Retinal involvement in acute leukemia may be due to different causes like direct leukemic infiltrates, vitreous and retinal hemorrhage caused by anemia, thrombocytopenia, or hyperviscosity . They should be considered in the differential diagnosis. The diagnosis of CMV end organ disease is most definitively made by the detection of CMV DNA or RNA in tissues by in situ hybridization. However, in cases of retinitis, retinal biopsy is not often recommended because of the high risk of retinal detachment. In our case, CMV retinitis was suggested by the typical ophthalmoscopic appearance of hemorrhagic retinitis along with the concomitant rising of plasma CMV IgM and the detected CMV DNA by PCR in intraocular fluid sampling.
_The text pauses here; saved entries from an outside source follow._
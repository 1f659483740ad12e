//! Which ground atoms and actions of a STRIPS task have numbers.
ghost use Rattle.std.specs.Prelude.{◌≡◌, ◌≤◌, length};
ghost use Rattle.pb_task.specs.Groundings.{grounding_name};

/// Which ground atoms and actions of a STRIPS task have numbers.
#[derive(Clone, Copy, Debug, PartialEq, Eq)]
pub enum Grounding {
    /// All ground atoms of the predicates that actions change, and each ground action whose static
    /// preconditions hold.
    All,
    /// Those atoms that the delete relaxation reaches, and each ground action whose preconditions it
    /// reaches (Helmert, "Concise finite-domain representations for PDDL planning tasks", 2009).
    Reachable,
}

impl Grounding {
    /// What a certificate calls it.
    pub fn name(&self) -> &'static str
        ensures name { result.now ≡ grounding_name self.now }
        ensures short { length result.now ≤ 16 }
    {
        match self {
            Grounding::All => "all",
            Grounding::Reachable => "reachable",
        }
    }
}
Prompt treatment is probably the most important prognostic factor; however, the optimal therapy route and drug for CMVR in children has not yet been found. Oral valganciclovir, intravitreal ganciclovir, intravenous ganciclovir, intravenous foscarnet, or intravenous cidofovir are the therapy regimens consistent with recommendations from the Centers for Disease Control and Prevention, the National Institutes of Health and the HIV Medicine Association guidelines . In 80 to 90 percent of patients with AIDS, CMVR is treated with intravenous initial therapy (also known as induction therapy), which typically lasts 14 to 21 days, followed by maintenance therapy . We have treated our patient only with intravenous ganciclovir successfully. We did not observe systemic complications of the intravenous ganciclovir such as neutropenia, thrombocytopenia, anemia, phlebitis, or gastrointestinal disturbances. Disadvantages of intravenous ganciclovir include decreased bioavailability in ocular tissues and a significant relapse rate; however, our patient was followed up to one year and no recurrence was found. CMVR is usually unilateral, but the patient is left untreated systemically; it may progress into the contralateral eye and result in severe visual loss. We treated our patient with systemic ganciclovir so we believe that we limited the spread to the other eye because retinal lesions of LE are milder than the RE in the patient. We think that this prevention would not be possible with intravitreal ganciclovir treatment alone.
The present case suggests that pediatric patients with ALL in the maintenance phase may be immunosuppressed and that clinicians should be alert to CMVR in these patients. Furthermore, CMVR should be kept in mind in children with ALL even in those without HSCT. Physicians should be vigilant to these rare occurrences. Early diagnosis and prompt treatment are important to preserve vision and prevent future visual morbidity.
Conflict of Interests
None of the authors has conflict of interests with the submission.